В тот же миг вошла жена Саймона.

— Опять подслушивала у дверей! — мягко упрекнул ее Саймон.

— Конечно, — сдавленным голосом проговорила она. — И я хочу знать, дорогой, действительно ли труден этот вопрос. Потому что, если это не так… Саймон, я просто в ужасе!

— Будь спокойна, вопрос труден, — беспечно ответил Саймон. — Не все это сразу понимают. Видишь ли, — тоном лектора продолжал он, — всякий легко найдет два целых числа, квадраты которых в сумме тоже дают квадрат. Например, 32 + 42 = 52, то есть просто 9 + 16 = 25. Ясно?

— Угу!

Она поправила мужу галстук.

— Но никто еще не мог найти два куба, которые при сложении тоже давали бы куб, или более высокие степени, которые приводили бы к аналогичному результату, — по-видимому, их просто нет. И все же, — торжествующе закончил он, — до сих пор не доказано, что таких чисел не существует! Теперь поняла?

— Конечно. — Жена Саймона всегда понимала самые мудреные математические положения. А если попадался камень преткновения, муж терпеливо объяснял ей все по нескольку раз. Поэтому у миссис Флэгг оставалось мало времени для прочих дел.

— Сварю кофе, — сказала она и ушла.

Четыре часа спустя, когда они сидели и слушали третью симфонию Брамса, дьявол явился вновь.

— Я уже изучил основы алгебры, тригонометрии и планиметрии! — торжествующе объявил он.

— Быстро работаете! — похвалил его Саймон. — Я уверен, что сферическая, аналитическая, проективная, начертательная и неевклидовы геометрии не представят для вас затруднений.

Дьявол поморщился.

— Их так много? — упавшим голосом спросил он.

— О, это далеко не все. — У Саймона был такой вид, словно он сообщил радостную весть. — Неевклидовы вам понравятся, — усмехнулся он. — Для этого вам не надо будет разбираться в чертежах. Чертежи ничего не скажут. И раз вы не в ладах с Евклидом…

Дьявол застонал, поблек, как старая кинопленка, и исчез. Жена Саймона хихикнула.

— Мой дорогой, — пропела она, — я начинаю думать, что ты возьмешь верх!

— Тсс! Последняя часть! Великолепно!

Еще через шесть часов что-то вспыхнуло, комнату заволокло дымом, и дьявол опять оказался тут как тут. У него появились мешки под глазами. Саймон Флэгг согнал с лица усмешку.

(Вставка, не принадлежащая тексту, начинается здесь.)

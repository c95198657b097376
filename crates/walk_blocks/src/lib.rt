// The way into a block: its parameters are bound, and in a def each `var` is flagged by how its name stands to the def.
// Kept: `i ≤ 4096` where the row after row i is made, since no usize is the row after the last that a usize holds.
#![tactic(auto)]

ghost use Rattle.std.specs.Prelude.{◌≡◌, ◌≤◌};
ghost use Rattle.read_row.specs.RowModel.{params_of};
ghost use Rattle.walk_scopes.specs.ScopesModel.{scope_of};
ghost use Rattle.walk_blocks.specs.BlocksModel.{entered_one, entered, opened};

use walk_scopes::Scope;

// Binds a parameter of row i.
#[tactic(auto, unfolding(crate::specs::BlocksModel::entered_one, walk_own_names::specs::OwnNamesModel::noted, walk_scopes::specs::ScopesModel::defined, work_marks::specs::MarksModel::raised_block, work_marks::specs::MarksModel::raised_lambda))]
fn enter_one(text: &[u8], work: &mut [u32], scope: &Scope, i: usize, name: &[u8])
    requires { i ≤ 4096 }
    ensures { work.new ≡ entered_one text.now (scope_of scope.now) i name.now work.old }
{
    if let Some(a) = read_names::row_of(text, work, name) {
        scope.define(work, a);
        if scope.owns() {
            walk_own_names::note_name(work, i, a, i + 1);
        }
    }
}

// Binds the parameters of row i.
#[tactic(auto, unfolding(crate::proofs::Params::names_entered), using(crate::proofs::Params::all_entered))]
fn enter(text: &[u8], work: &mut [u32], scope: &Scope, i: usize)
    requires { i ≤ 4096 }
    ensures { work.new ≡ entered text.now (scope_of scope.now) i (params_of text.now work.old i) work.old }
{
    for name in read_row::params(text, work, i) {
        enter_one(text, work, scope, i, name);
    }
}

// Into the block of row i, up to the row stop: binds its parameters; of a def, flags each `var` by how its name stands
// to the def.
#[tactic(auto, unfolding(crate::specs::BlocksModel::opened))]
pub fn enter_block(text: &[u8], work: &mut [u32], scope: &Scope, i: usize, stop: usize)
    requires { (i ≤ 4096) × (stop ≤ 16384) }
    ensures { work.new ≡ opened text.now (scope_of scope.now) i stop work.old }
{
    enter(text, work, scope, i);
    if scope.owns() {
        walk_own_names::flag_block(work, i, i + 1, stop);
    }
}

— Я прошел все эти геометрии, — с мрачным удовлетворением произнес черт. — Теперь будет легче. Я, пожалуй, готов заняться вашей маленькой головоломкой.

Саймон покачал головой.

— Вы слишком спешите. По-видимому, вы не заметили таких фундаментальных методов, как анализ бесконечно малых, дифференциальные уравнения и исчисление конечных разностей. Затем есть еще…

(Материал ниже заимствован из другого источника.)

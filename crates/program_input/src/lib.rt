// What programs read: bytes into a buffer, until that is full or the input ends.
#![tactic(auto)]

ghost use Rattle.std.specs.Prelude.{◌≤◌, ◌<◌, IfOk, length, take};
ghost use Rattle.std.specs.Io.KnownBytes.{Consumes, IsAtEnd};

use std::io;
use std::io::Read;

// Reads until a buffer is full or the input ends, and answers how many bytes it put at the start of the buffer.
pub fn read_full<R: Read>(from: &mut R, to: &mut [u8]) -> io::Result<usize>
    ensures fits { IfOk result (λ n. n ≤ length to.new) }
    ensures bytes { IfOk result (λ n. Consumes (R.remaining from.old) (R.remaining from.new) (take n to.new)) }
    ensures end { IfOk result (λ n. n < length to.new → IsAtEnd (R.remaining from.new)) }
{
    let mut done = 0;
    // Kept: no plainer as a `for`, which would count reads where the loop goes by the bytes that they gave.
    while done < to.len() {
        let n = from.read(&mut to[done..])?;
        if n == 0 {
            return Ok(done);
        }
        done += n;
    }
    Ok(done)
}
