// Tests of single numbers: equal bits of two floats, an allowed coefficient, the number of a body, and whether a body
// is looked up.

#![tactic(auto)]

ghost use Rattle.std.specs.Prelude.{◌≡◌};
ghost use Rattle.state_tests.specs.Allowed.{same_bits, coefficient_allowed, earth_allowed, is_body, looked_up};

pub fn bits_agree(x: f64, y: f64) -> bool
    ensures { result ≡ same_bits x y }
{
    if base::is_finite(x) {
        if base::is_finite(y) {
            return f64::to_bits(x) == f64::to_bits(y);
        }
    }
    false
}

// Whether a body other than the Earth may have the coefficient m.
pub fn coefficient_is_allowed(m: f64) -> bool
    ensures { result ≡ coefficient_allowed m }
{
    if m < 0.0 {
        return false;
    }
    base::is_finite(m)
}

pub fn earth_is_allowed(m: f64) -> bool
    ensures { result ≡ earth_allowed m }
{
    if 0.0 < m {
        return base::is_finite(m);
    }
    false
}

// Whether there is a body of that number.
pub fn is_body(number: u64) -> bool
    ensures { result ≡ is_body number }
{
    if number < 1 {
        return false;
    }
    number <= 6
}

// (02, R-7) Whether a body is looked up: it pulls, or K is above 0 and it is the Sun.
pub fn is_looked_up(coefficient: f64, lit: bool) -> bool
    ensures { result ≡ looked_up coefficient lit }
{
    if 0.0 < coefficient {
        return true;
    }
    lit
}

— Неужели все это нужно? — вздохнул дьявол.

Он сел и начал тереть кулаками опухшие веки. Бедняга не мог удержать зевоту.

— Не могу сказать наверное, — безразличным голосом ответил Саймон. — Но люди, трудясь над этой «маленькой головоломкой», испробовали все разделы математики, а задача еще не решена. Я предложил бы…

Но черт не был расположен выслушивать советы Саймона. На этот раз он исчез, даже не встав со стула. И сделал это довольно неуклюже.

— Мне кажется, он устал, — заметила миссис Флэгг. — Бедный чертяка!

Впрочем, в ее тоне трудно было уловить сочувствие.

— Я тоже устал, — отозвался Саймон. — Пойдем спать. Я думаю, до завтра он не появится.

— Возможно, — согласилась жена. — Но на всякий случай я надену сорочку с черными кружевами.

Наступило утро следующего дня. Теперь супругам показалась более подходящей музыка Баха. Поэтому они поставили пластинку с Ландовской.[26]

— Еще десять минут, и, если он не вернется с решением, мы выиграли, — сказал Саймон. — Я отдаю ему должное. Он мог бы окончить курс за один день, притом с отличием, и получить диплом доктора философии.[27] Однако…

Раздалось шипение. Поднялось алое грибообразное облачко, распространяя запах серы. Перед супругами на коврике стоял дьявол и шумно дышал, выбрасывая клубы пара. Плечи его опустились. Глаза были налиты кровью. Когтистая лапа, все еще сжимавшая пачку исписанных листов, заметно дрожала. Вероятно, у него шалили нервы.

Молча он швырнул кипу бумаг на пол и принялся яростно топтать их раздвоенными копытами. Наконец, истощив весь заряд энергии, черт успокоился, и горькая усмешка скривила ему рот.

— Вы выиграли, Саймон, — прошептал черт, глядя на математика с беззлобным уважением, — Даже я не мог за это короткое время изучить математику настолько, чтобы одолеть такую трудную задачу. Чем больше я в нее углублялся, тем хуже шло дело. Неединственное разложение на множители, идеальные числа — о Ваал!.. Вы знаете, — доверительно сообщил он, — даже лучшие математики других планет, — а они ушли далеко от вас — не добились решения. Эх, один молодчик на Сатурне — он немного напоминает гриб на ходулях — в уме решает дифференциальные уравнения в частных производных. Но и он спасовал. — Дьявол вздохнул. — Будьте здоровы!

Черт исчезал очень медленно. Видно, он-таки изрядно устал.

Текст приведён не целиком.